## Analytics: Signal Detection – Part 04

So last post in this rubric referenced a new dataset (Dataset_ 4) and I thought it was, in some sense, radically different from the ones I proposed previously. This time, the idea is ‘simply’ to figure out the structure of it. We have five attribute columns and they all seem to increase with time. A natural reaction is to look at the behavior of the combined signal – simply add all the five categories and see how they vary with time (Figure 1). An astute observer would already notice a mountainous silhouette which seems to be ‘hidden’ in the overcast sky enveloping the horizon. If one was to approximate an outline of mountain range by some kind of mathematical pattern, there would be cyclicality somewhere, right? Hmmm, first suspicions, ok, moving forward…

We already have correlogram as a first line of attack on such datasets with multiple signal categories (that follows from the use of it in previous posts in this rubric.) So correlogram (Figure 2) on these six columns (sixth being the total) shows that, apparently, signal ‘A’ correlates very strongly with total, so we shall look further into it (deductive approach).

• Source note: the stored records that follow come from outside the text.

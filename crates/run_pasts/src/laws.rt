//! Laws of what may come next. Each is the contract of a function that does nothing.

ghost use Rattle.std.specs.Prelude.{◌≡◌, List, ◌++◌, None, Some};
ghost use Rattle.kabi_types.specs.declared.entries.Entry.{Entry};
ghost use Rattle.kabi_types.specs.declared.scripts.Script.{Script};
ghost use Rattle.posix_defs.specs.History.{Past, IsRun, MayFollow};
ghost use Rattle.run_pasts.specs.declared.claims.Claim.{Claim};
ghost use Rattle.run_pasts.specs.Claims.{claim_of_entry};
ghost use Rattle.run_pasts.specs.Follows.{expected, follows, led_on, past_of};

/// What is computed to follow is what may, and leads where it may lead: an entry may come next by its definition exactly
/// where `follows` leads somewhere, and then there.
pub fn what_follows_is_computed()
    ensures may { (script : Script) (past : Past) (added : Entry) (next : Past)
        → follows script past added ≡ Some next → MayFollow script past added next }
    ensures computed { (script : Script) (past : Past) (added : Entry) (next : Past)
        → MayFollow script past added next → follows script past added ≡ Some next }
{}

/// Who is said to have done what may come next in one way at most: what is expected of a claim may come next and says just
/// that, and whatever may come next is expected of what it says. So of two entries that may come next and say the same
/// neither replies nor counts differ.
pub fn one_entry_is_expected()
    ensures may { (script : Script) (past : Past) (claim : Claim) (added : Entry) → expected script past claim ≡ Some added
        → (next : Past) × MayFollow script past added next × (claim_of_entry added ≡ claim) }
    ensures expected { (script : Script) (past : Past) (added : Entry) (next : Past)
        → MayFollow script past added next → expected script past (claim_of_entry added) ≡ Some added }
    ensures one { (script : Script) (past : Past) (added : Entry) (next : Past) (other : Entry) (elsewhere : Past)
        → MayFollow script past added next → MayFollow script past other elsewhere
        → claim_of_entry added ≡ claim_of_entry other → (added ≡ other) × (next ≡ elsewhere) }
{}

/// A history is legal exactly where its entries, one after another, are computed to lead somewhere, and then it leads there.
pub fn a_history_is_computed()
    ensures legal { (script : Script) (history : List Entry) (past : Past)
        → past_of script history ≡ Some past → IsRun script history past }
    ensures computed { (script : Script) (history : List Entry) (past : Past)
        → IsRun script history past → past_of script history ≡ Some past }
{}

/// A legal history leads to one past.
pub fn a_run_has_one_past()
    ensures { (script : Script) (history : List Entry) (past other : Past)
        → IsRun script history past → IsRun script history other → past ≡ other }
{}

/// Whatever goes before in a legal history is one, and leads to where the rest goes on from; and a legal history goes on
/// with whatever follows, one entry after another.
pub fn what_goes_before_is_a_run()
    ensures before { (script : Script) (front rest : List Entry) (past : Past) → IsRun script (front ++ rest) past
        → (between : Past) × IsRun script front between × (led_on script between rest ≡ Some past) }
    ensures goes_on { (script : Script) (front rest : List Entry) (between past : Past) → IsRun script front between
        → led_on script between rest ≡ Some past → IsRun script (front ++ rest) past }
    ensures stops { (script : Script) (front rest : List Entry) → past_of script front ≡ None → past_of script (front ++ rest) ≡ None }
{}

As expected (see figure 3 below), ‘A’ also shows a ‘mountainous’ pattern when plotted vs time – perhaps even stronger one than the total. Einstein said: imagination is more important than knowledge. The leap of imagination here, is to look at the cumulative value of signal with time (Figure 4). Actually, this is one of the usual things to do when looking at the time series (other ‘standard’ tools include moving averages, variance, autocorrelation etc.)

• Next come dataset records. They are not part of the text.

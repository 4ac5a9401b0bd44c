//! Printing the words of a statement.

ghost use Rattle.std.specs.Prelude.{codes, ◌≡◌, ◌++◌, ◌∷◌, [], Some, None, map, slice_get};
ghost use Rattle.std.specs.List.{flat_map};
ghost use Rattle.posix_defs.specs.Canonical as spec;
ghost use Rattle.posix_defs.specs.Canonical.{words_text, further_words, word_text};
ghost use Rattle.posix_defs.specs.ScriptLines as lines;
ghost use Rattle.posix_defs.specs.declared.said.Word.TheVariants.{Bare, Quoted};
ghost use Rattle.kabi_types.specs.Words.{word_of};
ghost use Rattle.script_print.specs.Printing.{Adds};

use crate::output::Output;
use kabi_types::{CallKind, Operand, Statement, Test, Text};
use posix_defs::Shape;
use script_words::{is_within, shape_of};

/// Adds a byte of a text: itself where it can be printed and is neither a quote nor a backslash, else an escape.
fn push_byte(out: &mut Output, byte: u8)
    ensures { Adds out.old (spec.shown byte) out.new }
{
    if byte == b'\n' {
        out.push("\\n");
    } else if byte == b'"' || byte == b'\\' {
        out.push_escape(byte);
    } else if is_within(b' ', b'~', byte) {
        out.push_char(byte);
    } else {
        out.push_escape(byte);
    }
}

fn push_bytes(out: &mut Output, bytes: &[u8])
    ensures { Adds out.old (spec.shown_bytes bytes.now) out.new }
{
    for byte in bytes {
        push_byte(out, *byte);
    }
}

/// Adds a name. A byte that no name may have is printed as in a text.
pub fn push_name(out: &mut Output, name: &[u8])
    ensures { Adds out.old (word_text (spec.name_word name.now)) out.new }
{
    push_bytes(out, name);
}

/// Adds the name of a register.
pub fn push_register(out: &mut Output, register: u8)
    ensures { Adds out.old (word_text (spec.register_word register)) out.new }
{
    out.push("r");
    out.push_number(u64::from(register));
}

/// Adds a register or a number.
pub fn push_operand(out: &mut Output, operand: Operand)
    ensures { Adds out.old (word_text (spec.operand_word operand)) out.new }
{
    match operand {
        Operand::Reg(register) => push_register(out, register),
        Operand::Number(value) => out.push_signed(value),
    }
}

fn test_word(test: Test) -> &'static str
    ensures { result.now ≡ spec.test_text test }
{
    match test {
        Test::Eq => "==",
        Test::Ne => "!=",
        Test::Lt => "<",
        Test::Le => "<=",
    }
}

/// Adds an `if` up to its label.
pub fn push_test(out: &mut Output, left: Operand, test: Test, right: Operand)
    ensures { Adds out.old (words_text (Bare (codes "if") ∷ spec.operand_word left ∷ Bare (spec.test_text test) ∷ spec.operand_word right ∷ [])) out.new }
{
    out.push("if ");
    push_operand(out, left);
    out.push(" ");
    out.push(test_word(test));
    out.push(" ");
    push_operand(out, right);
}

/// The name of the label at a place; none where no label stands there.
fn label_name(body: &[Statement], place: u32) -> &[u8]
    ensures { result.now ≡ spec.label_name (slice_get body.now place) }
{
    match body.get(place as usize) {
        Some(Statement::Label(name)) => name.items(),
        _ => &[],
    }
}

/// Adds a blank, and the name of the label at a place.
pub fn push_label(out: &mut Output, body: &[Statement], place: u32)
    ensures { Adds out.old (further_words (spec.label_word body.now place ∷ [])) out.new }
{
    out.push(" ");
    push_name(out, label_name(body, place));
}

/// Adds values, a blank before each.
fn push_values(out: &mut Output, values: &[Operand])
    ensures { Adds out.old (further_words (map spec.operand_word values.now)) out.new }
{
    for value in values {
        out.push(" ");
        push_operand(out, *value);
    }
}

/// Adds texts in quotes, a blank before each.
fn push_texts(out: &mut Output, texts: &[Text])
    ensures { Adds out.old (further_words (map Quoted texts.now)) out.new }
{
    for text in texts {
        out.push(" \"");
        push_bytes(out, text.items());
        out.push("\"");
    }
}

/// Adds a call: its word, and its operands in the order of its fields.
pub fn push_call(out: &mut Output, kind: CallKind, values: &[Operand], texts: &[Text])
    ensures { Adds out.old (words_text (Bare (word_of kind) ∷ spec.operand_words (lines.shape_of kind) values.now texts.now)) out.new }
{
    out.push(kind.word());
    if shape_of(kind) == Shape::PathValue {
        push_texts(out, texts);
        push_values(out, values);
    } else {
        push_values(out, values);
        push_texts(out, texts);
    }
}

This is essentially the ‘aha’ moment in this challenge. An experienced scientist would be immediately struck by apparent near-perfect polynomial growth of cumulative signal with time. In Excel, there is a way to quickly fit an order-2 polynomial curve, get the R^2 value and the equation. Needless to say, the R^2 is almost one in this case, confirming the visual guess. Such strong correlation cannot be dismissed as noise – something is going on. Typically one would try to use time series to build a forecasting model. In that case, analysis of residuals is one of the critical steps to ensure model assumptions were correct. The differences between results of the model and the actual observed data are always of interest. You, dear reader of this, probably wonder why there is even a mention of forecasting techniques – after all, the grand challenge is to figure out some kind of robust structural feature in the data, not to build a forecasting model based on it (?). But techniques employed in construction of predictive model may reveal hidden patterns in the data, which is basically the rationale for using them here.

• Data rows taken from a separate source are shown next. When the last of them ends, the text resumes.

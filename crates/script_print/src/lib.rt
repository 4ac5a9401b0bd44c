//! The printer of scripts: the canonical text of each.
#![tactic(auto)]

mod output;
mod printing;
mod printing_words;

pub use printing::canonical_text;
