//! Printing a script in its canonical form.

ghost use Rattle.std.specs.Prelude.{◌≡◌, ◌≤◌, ◌++◌, ◌∷◌, [], Some, None, Ok, length, map, codes, string_bytes, slice_get, IfOk};
ghost use Rattle.std.specs.List.{flat_map};
ghost use Rattle.posix_defs.specs.Canonical as spec;
ghost use Rattle.posix_defs.specs.Lines.{blank, newline};
ghost use Rattle.posix_defs.specs.Canonical.{line_text, words_text, further_words, word_text};
ghost use Rattle.posix_defs.specs.declared.said.Word.TheVariants.{Bare};
ghost use Rattle.script_print.specs.Printing.{Adds};

use crate::output::Output;
use crate::printing_words::{
    push_call, push_label, push_name, push_operand, push_register, push_test,
};
use kabi_types::{Chooser, Memory, Operand, Policy, Program, Script, Statement};
use std::alloc::Global;

/// The canonical text of a script: the lines of its settings, of who chooses among events, and of its programs, with one
/// blank between words. An error is want of memory.
pub fn canonical_text(alloc: Global, script: &Script) -> Result<String, Memory>
    ensures { IfOk result (λ text. string_bytes text ≡ spec.canonical script.now) }
{
    let mut out = Output::new(alloc);
    push_script(&mut out, script);
    out.finish()
}

/// Adds the text of a script.
fn push_script(out: &mut Output, script: &Script)
    ensures { Adds out.old (spec.canonical script.now) out.new }
{
    push_setting(out, "heap", script.heap);
    push_setting(out, "disk", u64::from(script.disk));
    push_setting(out, "steps", u64::from(script.steps));
    push_policy(out, script.policy);
    push_chooser(out, &script.chooser);
    push_programs(out, script.programs.items());
}

/// Adds the line of a setting that is a number.
fn push_setting(out: &mut Output, word: &str, number: u64)
    ensures { Adds out.old (line_text (Bare word.now ∷ spec.number_word number ∷ [])) out.new }
{
    out.push(word);
    out.push(" ");
    out.push_number(number);
    out.push("\n");
}

fn push_policy(out: &mut Output, policy: Policy)
    ensures { Adds out.old (line_text (Bare (codes "policy") ∷ Bare (spec.policy_text policy) ∷ [])) out.new }
{
    out.push("policy ");
    out.push(policy_word(policy));
    out.push("\n");
}

fn policy_word(policy: Policy) -> &'static str
    ensures { result.now ≡ spec.policy_text policy }
{
    match policy {
        Policy::Heaviest => "heaviest",
        Policy::Youngest => "youngest",
    }
}

fn push_chooser(out: &mut Output, chooser: &Chooser)
    ensures { Adds out.old (flat_map line_text (spec.chooser_lines chooser.now)) out.new }
{
    match chooser {
        Chooser::Plain => {}
        Chooser::Choices(choices) => {
            out.push("choices");
            push_numbers(out, choices.items());
            out.push("\n");
        }
        Chooser::Seed(seed) => push_setting(out, "seed", u64::from(*seed)),
    }
}

/// Adds numbers, a blank before each.
fn push_numbers(out: &mut Output, numbers: &[u32])
    ensures { Adds out.old (further_words (map spec.number_word numbers.now)) out.new }
{
    for number in numbers {
        out.push(" ");
        out.push_number(u64::from(*number));
    }
}

fn push_programs(out: &mut Output, programs: &[Program])
    ensures { Adds out.old (flat_map line_text (flat_map spec.program_lines programs.now)) out.new }
{
    for program in programs {
        push_program(out, program);
    }
}

fn push_program(out: &mut Output, program: &Program)
    ensures { Adds out.old (flat_map line_text (spec.program_lines program.now)) out.new }
{
    out.push("program ");
    push_name(out, program.name.items());
    out.push("\n");
    push_body(out, program.body.items());
    out.push("end\n");
}

/// Adds a line for each statement.
fn push_body(out: &mut Output, body: &[Statement])
    ensures { Adds out.old (flat_map line_text (map (spec.statement_words body.now) body.now)) out.new }
{
    for statement in body {
        push_statement(out, body, statement);
        out.push("\n");
    }
}

/// Adds a statement of a program with this body.
fn push_statement(out: &mut Output, body: &[Statement], statement: &Statement)
    ensures { Adds out.old (words_text (spec.statement_words body.now statement.now)) out.new }
{
    match statement {
        Statement::Set(register, value) => push_change(out, "set ", *register, *value),
        Statement::Add(register, value) => push_change(out, "add ", *register, *value),
        Statement::If {
            left,
            test,
            right,
            place,
        } => {
            push_test(out, *left, *test, *right);
            push_label(out, body, *place);
        }
        Statement::Jump(place) => {
            out.push("jump");
            push_label(out, body, *place);
        }
        Statement::Label(name) => {
            out.push("label ");
            push_name(out, name.items());
        }
        Statement::Loop(register, place) => {
            out.push("loop ");
            push_register(out, *register);
            push_label(out, body, *place);
        }
        Statement::Invoke {
            kind,
            operands,
            texts,
            first,
            second,
        } => {
            push_targets(out, *first, *second);
            push_call(out, *kind, operands.items(), texts.items());
        }
    }
}

/// Adds a statement that changes a register by a value, behind what it begins with.
fn push_change(out: &mut Output, begin: &str, register: u8, value: Operand)
    ensures { Adds out.old (begin.now ++ (word_text (spec.register_word register) ++ further_words (spec.operand_word value ∷ []))) out.new }
{
    out.push(begin);
    push_register(out, register);
    out.push(" ");
    push_operand(out, value);
}

/// Adds the registers that get a call's values, before the call.
fn push_targets(out: &mut Output, first: Option<u8>, second: Option<u8>)
    ensures { Adds out.old (flat_map (λ word. word_text word ++ blank) (spec.target_words first second)) out.new }
{
    match (first, second) {
        (None, _) => {}
        (Some(first), None) => {
            push_register(out, first);
            out.push(" = ");
        }
        (Some(first), Some(second)) => {
            push_register(out, first);
            out.push(" ");
            push_register(out, second);
            out.push(" = ");
        }
    }
}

So, if we were to go on with forecasting model, we would take a closer look at residuals. Remember the ‘mountainous’ silhouette and the periodicity? Well, when you look at the plot of residuals against time, the periodicity is more than apparent – it’s literally staring at you. Now, from the first few data points, looks like period of 10 has some importance right? Looks like the values are somewhat clustered in every 10 ticks or so? Well, why don’t we try to see what is happening with signal ‘A’ when we look at values in groups of 10? First thing – sum it up?

Bingo!

The signal in category ‘A’ turns out to be linearly increasing with time when you add values of each consecutive 10 time points. So, if I add points 1 to 10 I get 500. If I then add 11 to 20, I get 1000 and so on. Perfect linear growth. Next thing (induction) is to verify the same pattern for other signal attributes. Needless to say, similar pattern is found by simple trial and error (brute force approach). At the end, column A has interval of 10, B of 17, C of 24, D of 31 and E of 38.

Let me know if you find any other structurally robost features in this dataset – those were the ones I intended to include, but would love to know if there is anything else to it.